Task to complete: Of all the lines below, output only those starting at the one with "problem's root box." and ending at the one with "of the root's.", both ends included, exactly as written.

(Records from a dataset)

--

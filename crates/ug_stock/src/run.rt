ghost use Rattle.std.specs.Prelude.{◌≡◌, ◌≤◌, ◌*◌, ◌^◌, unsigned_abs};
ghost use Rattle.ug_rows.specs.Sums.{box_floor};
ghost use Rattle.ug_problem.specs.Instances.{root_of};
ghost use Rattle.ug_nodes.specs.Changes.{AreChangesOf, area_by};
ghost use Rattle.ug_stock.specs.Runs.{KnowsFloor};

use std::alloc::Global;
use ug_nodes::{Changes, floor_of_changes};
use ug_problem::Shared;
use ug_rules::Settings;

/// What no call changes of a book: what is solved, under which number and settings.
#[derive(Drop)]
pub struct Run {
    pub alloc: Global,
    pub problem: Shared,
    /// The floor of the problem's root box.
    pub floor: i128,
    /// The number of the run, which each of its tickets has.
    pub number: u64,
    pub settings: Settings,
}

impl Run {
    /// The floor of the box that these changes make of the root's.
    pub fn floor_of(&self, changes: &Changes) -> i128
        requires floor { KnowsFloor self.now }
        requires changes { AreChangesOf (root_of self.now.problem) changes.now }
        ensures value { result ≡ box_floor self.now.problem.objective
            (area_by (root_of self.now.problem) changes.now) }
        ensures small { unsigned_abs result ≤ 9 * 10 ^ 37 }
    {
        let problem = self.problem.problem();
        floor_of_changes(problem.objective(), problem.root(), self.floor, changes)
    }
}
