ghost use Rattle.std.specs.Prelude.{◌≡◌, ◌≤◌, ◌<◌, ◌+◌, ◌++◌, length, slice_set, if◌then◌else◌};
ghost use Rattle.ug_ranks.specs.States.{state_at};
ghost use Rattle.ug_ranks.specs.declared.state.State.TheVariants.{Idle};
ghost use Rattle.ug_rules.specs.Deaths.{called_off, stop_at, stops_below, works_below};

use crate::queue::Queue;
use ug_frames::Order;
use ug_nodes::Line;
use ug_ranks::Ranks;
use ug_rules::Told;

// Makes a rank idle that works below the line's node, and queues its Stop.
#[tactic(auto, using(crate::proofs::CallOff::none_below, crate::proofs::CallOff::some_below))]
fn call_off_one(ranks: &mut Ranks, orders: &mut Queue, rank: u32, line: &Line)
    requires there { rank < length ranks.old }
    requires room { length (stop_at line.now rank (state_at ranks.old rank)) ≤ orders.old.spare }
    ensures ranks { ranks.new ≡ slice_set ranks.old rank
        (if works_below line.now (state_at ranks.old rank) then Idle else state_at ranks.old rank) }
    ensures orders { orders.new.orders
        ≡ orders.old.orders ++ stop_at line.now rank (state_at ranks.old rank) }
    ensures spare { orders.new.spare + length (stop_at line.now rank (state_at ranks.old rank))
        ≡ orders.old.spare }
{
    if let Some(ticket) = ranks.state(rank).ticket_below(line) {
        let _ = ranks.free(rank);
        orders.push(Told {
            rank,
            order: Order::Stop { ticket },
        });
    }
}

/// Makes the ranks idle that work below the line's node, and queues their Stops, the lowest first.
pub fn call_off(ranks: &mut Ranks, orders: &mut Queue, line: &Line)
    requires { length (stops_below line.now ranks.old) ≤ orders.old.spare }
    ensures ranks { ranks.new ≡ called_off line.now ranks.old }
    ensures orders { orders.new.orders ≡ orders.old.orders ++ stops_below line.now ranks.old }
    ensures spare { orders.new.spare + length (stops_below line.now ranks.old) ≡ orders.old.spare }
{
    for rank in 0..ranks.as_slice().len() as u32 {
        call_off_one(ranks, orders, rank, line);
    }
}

--

Task answer:
    /// The floor of the problem's root box.
    pub floor: i128,
    /// The number of the run, which each of its tickets has.
    pub number: u64,
    pub settings: Settings,
}

impl Run {
    /// The floor of the box that these changes make of the root's.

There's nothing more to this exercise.